By October, however, many of those accounts appeared to have been unlocked – which can happen after a password reset – and at least two dozen popular users had gained back a third or so of the lost followers, according to data from Russian ad fraud researcher Social Puncher.
Those followers disappeared once again on Friday, Social Puncher said.
Twitter said on Friday that it “discovered a bug where some of these accounts were briefly added back, which led to misleading follower counts” for “very few accounts.”
It said in July that follower counts might change “more regularly” as part of its efforts to “identify and challenge problematic accounts.” The ensuing volatility has caught the attention of prominent users, including U.S. President Donald Trump and Tesla Inc (O:) Chief Executive Elon Musk.
They and other users lost followers in recent days, but Friday’s cull was larger for most, according to several accounts Reuters reviewed on Social Blade.
Twitter’s own account fell by 7.8 million followers in July but gained back 2.36 million by mid-October.

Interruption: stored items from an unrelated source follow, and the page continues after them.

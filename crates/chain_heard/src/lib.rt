//! What the log of a client owes to the history of the target, by what the client took.
#![tactic(auto)]

pub mod laws;

pub use laws::{
    commands_are_few, no_target_heard_is_ordered, what_was_heard_is_fresh,
    what_was_heard_is_ordered, what_was_heard_is_true,
};
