impl Tenant {
    /// A tenant without tables and rules, its sessions closed. `bound` is its consideration limit: the most rules that
    /// are considered at an assertion point.
    pub fn new(alloc: Global, id: TenantId, bound: Bound) -> Tenant
        requires { bound.considerations ≤ 1000 }
        ensures is_new { IsNew id bound result }
        ensures in_step { (records : List Record) (clock : ℕ) (index : List (List TableSets)) →
            HoldNothing id records index → InStep result records clock index }
    {
        Tenant {
            bound,
            store: Store::new(alloc, id),
            trail: Vec::new(alloc),
            end_lines: EndLines::new(alloc),
            known_lines: KnownLines::new(alloc),
            quota: Quota::none(),
            volume: Volume::first(),
        }
    }

    /// Lets its trail, its rows, its open transactions and the texts of its rules take so many bytes. Where they are taken
    /// no line is begun any more but `end` and `rollback`, which give back. Changes that would take more are refused for
    /// want of memory.
    pub fn limit_memory(&mut self, bytes: u64)
        ensures { self.new ≡ self.old }
    {
        self.quota.set_limit(bytes);
    }

    /// The bytes that its trail, its rows, its open transactions and the texts of its rules take, as its limit counts them:
    /// an estimate that nothing rests on but the limit.
    pub fn bytes_taken(&self) -> u64 {
        let rows = self.store.database.memory.taken();
        self.quota.taken().saturating_add(rows)
    }

    /// Those of them that its trail and the texts of its rules take. A renewal gives back those of the trail.
    pub fn trail_bytes(&self) -> u64 {
        self.quota.taken()
    }

    /// The number of changes that its open transactions have in the log: a count for people, that nothing rests on.
    pub fn changes_kept(&self) -> u64 {
        self.quota.changes()
    }

    /// Its number.
    pub fn id(&self) -> TenantId
        ensures { result ≡ self.now.id }
    {
        self.store.database.id
    }

    /// Its consideration limit.
    pub fn bound(&self) -> Bound
        ensures { result ≡ self.now.bound }
    {
        self.bound
    }

    /// The volume of its life that its trail is.
    pub fn volume(&self) -> Volume
        ensures { result ≡ self.now.volume }
    {
        self.volume
    }

    /// Makes its trail the volume behind another tenant's, and takes that one's share of memory: whether there is one
    /// behind it.
    pub fn follow(&mut self, old: &Tenant) -> bool
        ensures follows { IsTrue result → self.new
            ≡ record self.old { volume = following old.now.volume (length old.now.trail) (length self.old.trail) } }
        ensures stays { IsFalse result → self.new ≡ self.old }
        ensures there { IsTrue result ↔ HasFollowing old.now.volume (length old.now.trail) }
    {
        let entries = old.trail.as_slice().len() as u64;
        let opening = self.trail.as_slice().len() as u64;
        match old.volume.following(entries, opening) {
            Some(volume) => {
                self.volume = volume;
                self.quota.limit_like(&old.quota);
                true
            }
            None => false,
        }
    }

    /// Forgets the times of marks and tests, which count in a transaction alone. With whatever log holds nothing of it,
    /// at whatever time, it is in step then.
    pub fn settle(&mut self, alloc: Global)
        requires closed { AreClosed (state self.old) }
        ensures kept { self.new ≡ record self.old { transactions = (self.new).transactions } }
        ensures in_step { (records : List Record) (clock : ℕ) (index : List (List TableSets)) →
            HoldRules self.old.id (state self.old).catalog.rules records index → InStep self.new records clock index }
    {
        self.store.database.transactions = Transactions::new(alloc);
    }

    /// Its steps alone.
    pub fn into_trail(self) -> Vec<Entry>
        ensures value { result.items ≡ self.trail }
        ensures legal { IsLegal self }
    {
        let Self {
            bound: _,
            store: _,
            trail,
            end_lines: _,
            known_lines: _,
            quota: _,
            volume: _,
        } = self;
        trail
    }

    /// Its steps so far.
    pub fn trail(&self) -> &[Entry]
        ensures value { result.now ≡ self.now.trail }
        ensures legal { IsLegal self.now }
    {
        self.trail.as_slice()
    }

    /// True if the session is open.
    pub fn is_open(&self, session: SessionId) -> bool
        ensures { result ≡ session_is_open (session_at (state self.now) session) }
    {
        in_range(session);
        match self.store.phases.get(session) {
            Phase::Closed => false,
            Phase::Idle => true,
            Phase::Active => true,
        }
    }

    /// True if one of its sessions is open.
    pub fn is_any_open(&self) -> bool
        ensures open { IsTrue result → (s : ℕ) × IsTrue (is_session s)
            × IsTrue (session_is_open (session_at (state self.now) s)) }
        ensures closed { IsFalse result → AreClosed (state self.now) }
    {
        for number in 0..SESSION_LIMIT {
            if self.is_open(SessionId::new(number as u8)) {
                return true;
            }
        }
        false
    }

    /// True if the trail has no place but for the ends of open sessions.
    pub fn is_full(&self) -> bool
        ensures { result ≡ nat_le trail_limit (state self.now).steps }
    {
        self.trail.as_slice().len() >= TRAIL_LIMIT
    }

    /// The table of that name, with the changes of all sessions.
    pub fn table(&self, name: &Name) -> Option<&Table>
        ensures { option_map (λ t. t.table) (option_copied result) ≡ table_seen (state self.now) name.now }
    {
        self.store.database.tables.by_name(name)
    }

    /// True if the session has a transaction.
    pub fn has_transaction(&self, session: SessionId) -> bool
        ensures { result ≡ session_has_transaction (session_at (state self.now) session) }
    {
        in_range(session);
        match self.store.phases.get(session) {
            Phase::Closed => false,
            Phase::Idle => false,
            Phase::Active => true,
        }
    }

    /// All tables, with the changes of all sessions.
    pub fn tables(&self) -> &Tables
        ensures { entries result.now ≡ tables_seen (state self.now) }
    {
        &self.store.database.tables
    }

    /// The rules with their order, and the rulesets.
    pub fn definitions(&self) -> &Definitions
        ensures rules { result.now.rules ≡ (state self.now).catalog.rules }
        ensures order { AreOrdered result.now.order (state self.now).catalog.rules (state self.now).catalog.pairs }
        ensures rulesets { result.now.rulesets ≡ (state self.now).catalog.rulesets }
    {
        &self.store.definitions
    }

    /// Makes a step of the line, or is refused by the full trail. Where memory runs out before the step has begun, or all
    /// is taken that the tenant may take, where the log's clock has no room for the step, and for a line of more than 4,096
    /// bytes, nothing changes. The entry shares the bytes of a line that is in memory already.
    pub fn step<L: ChangeLog>(
        &mut self,
        alloc: Global,
        log: &mut L,
        index: &mut RuleIndex,
        session: SessionId,
        sent: &Sent<'_, '_>,
    ) -> Result<Answer, NotBegun>
        requires own { IfSome sent.now.own (λ l. l.now ≡ sent.now.line.now) }
        requires in_step { InStep self.old (L.records log.old) (L.clock log.old) index.old }
        ensures ok { IfOk result (λ answer. AnswersLine self.old session sent.now.line.now answer self.new) }
        ensures err { OnErr result (LeavesLine self.old session sent.now.line.now self.new) }
        ensures legal { IsLegal self.new }
        ensures in_step { StaysInStep (rise_of result) self.old self.new session
            (L.records log.old) (L.records log.new) (L.clock log.old) (L.clock log.new) index.old index.new }
        ensures unused { OnErr result ((log.new ≡ log.old) × (index.new ≡ index.old)) }
    {
        // for the proof: the trail is legal
        let _ = &self.trail;
        if self.ends(session, sent.line) {
            return Ok(self.end(log, session));
        }
        if self.is_full() {
            return Ok(Answer {
                number: None,
                reply: Reply::No(Refusal::TrailFull),
            });
        }
        let used = self.store.database.memory.taken();
        if self.quota.refuses(used, sent.line) {
            return Err(NotBegun);
        }
        if log.now() >= CLOCK_LIMIT {
            return Err(NotBegun);
        }
        self.enter(alloc, log, index, session, sent)
    }

    /// Makes the step `open`. Error: there is no memory for the step; nothing changes.
    #[inline(never)]
    pub fn open(&mut self, alloc: Global, session: SessionId) -> Result<Answer, NotBegun>
        requires closed { session_is_open (session_at (state self.old) session) ≡ false }
        requires room { nat_le trail_limit (state self.old).steps ≡ false }
        ensures ok { IfOk result (λ answer.
            MakesStep self.old session (codes "open") answer self.new × (answer.reply ≡ told.Ok)) }
        ensures err { OnErr result (self.new ≡ self.old) }
        ensures legal { IsLegal self.new }
        ensures in_step { (records : List Record) (clock : ℕ) (index : List (List TableSets)) →
            InStep self.old records clock index → InStep self.new records clock index }
    {
        in_range(session);
        let used = self.store.database.memory.taken();
        if self.quota.refuses(used, OPEN) {
            return Err(NotBegun);
        }
        let line = make_ready(
            alloc,
            &mut self.trail,
            &mut self.end_lines,
            &mut self.known_lines,
            OPEN,
            None,
        )?;
        self.store.open(session);
        self.quota.count_entry(OPEN, &Reply::Ok);
        let entry = Entry {
            session,
            line,
            reply: Reply::Ok,
        };
        Ok(Answer {
            number: Some(put(&mut self.trail, entry)),
            reply: Reply::Ok,
        })
    }

    /// Makes the step `end`. It needs no memory.
    #[inline(never)]
    pub fn end<L: ChangeLog>(&mut self, log: &mut L, session: SessionId) -> Answer
        requires in_step { (index : List (List TableSets))
            × InStep self.old (L.records log.old) (L.clock log.old) index }
        requires open { session_is_open (session_at (state self.old) session) ≡ true }
        ensures made { MakesStep self.old session (codes "end") result self.new }
        ensures done { result.reply ≡ told.Ok }
        ensures legal { IsLegal self.new }
        ensures in_step { (index : List (List TableSets)) →
            InStep self.old (L.records log.old) (L.clock log.old) index →
            StaysInStep 0 self.old self.new session
            (L.records log.old) (L.records log.new) (L.clock log.old) (L.clock log.new) index index }
    {
        in_range(session);
        let line = self.end_lines.take();
        let changes = log.len();
        self.store.end(log, session);
        self.quota.count_changes(changes, log.len());
        self.quota.count_entry(END, &Reply::Ok);
        let entry = Entry {
            session,
            line,
            reply: Reply::Ok,
        };
        Answer {
            number: Some(put(&mut self.trail, entry)),
            reply: Reply::Ok,
        }
    }

    /// True if the line is the end of the open session.
    fn ends(&self, session: SessionId, line: &[u8]) -> bool
        ensures { result ≡ is_end_of_open (state self.now) session line.now }
    {
        self.is_open(session) && is_end(line)
    }

    /// Makes a step of the line in a trail with a place for it.
    fn enter<L: ChangeLog>(
        &mut self,
        alloc: Global,
        log: &mut L,
        index: &mut RuleIndex,
        session: SessionId,
        sent: &Sent<'_, '_>,
    ) -> Result<Answer, NotBegun>
        requires own { IfSome sent.now.own (λ l. l.now ≡ sent.now.line.now) }
        requires in_step { InStep self.old (L.records log.old) (L.clock log.old) index.old }
        requires times { L.clock log.old < 2 ^ 63 }
        requires room { is_full_for (state self.old) session sent.now.line.now ≡ false }
        requires goes_on { is_end_of_open (state self.old) session sent.now.line.now ≡ false }
        ensures ok { IfOk result (λ answer. MakesStep self.old session sent.now.line.now answer self.new) }
        ensures err { OnErr result (LeavesLine self.old session sent.now.line.now self.new) }
        ensures legal { IsLegal self.new }
        ensures in_step { StaysInStep (rise_of result) self.old self.new session
            (L.records log.old) (L.records log.new) (L.clock log.old) (L.clock log.new) index.old index.new }
        ensures unused { OnErr result ((log.new ≡ log.old) × (index.new ≡ index.old)) }
    {
        in_range(session);
        let kept = make_ready(
            alloc,
            &mut self.trail,
            &mut self.end_lines,
            &mut self.known_lines,
            sent.line,
            sent.own,
        )?;
        let asker = Asker {
            session,
            bound: self.bound,
            line: sent.line,
            watch: sent.watch,
        };
        let changes = log.len();
        let texts = self.store.definitions.rules.clause_bytes();
        self.store.limit_memory(self.quota.room());
        let (reply, copy) = self.store.answer(alloc, log, index, &asker);
        self.quota.count_changes(changes, log.len());
        let texts_now = self.store.definitions.rules.clause_bytes();
        self.quota.count_texts(texts, texts_now);
        self.quota.count_entry(sent.line, &reply);
        let entry = Entry {
            session,
            line: kept,
            reply,
        };
        Ok(Answer {
            number: Some(put(&mut self.trail, entry)),
            reply: copy,
        })
    }
}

It lost 2.4 million on Friday, according to Social Blade.
Some users experienced a similar drop in early October, before the followers returned days later, Social Puncher said.
The firm told Reuters that it suspects the affected locked accounts are controlled by fraudsters who sell followers to artificially boost accounts’ popularity.
The accounts exhibit hallmarks of fakes, including few profile details, fans and posts, it said.
MarQuis Trill, a Los Angeles advertising producer, told Reuters that he bought 300,000 followers for $4,500 two years ago. He lost nearly 2.2 million followers in July, but had about 30 percent back until Friday’s purge.
“I didn’t buy that many to be losing like that,” he said.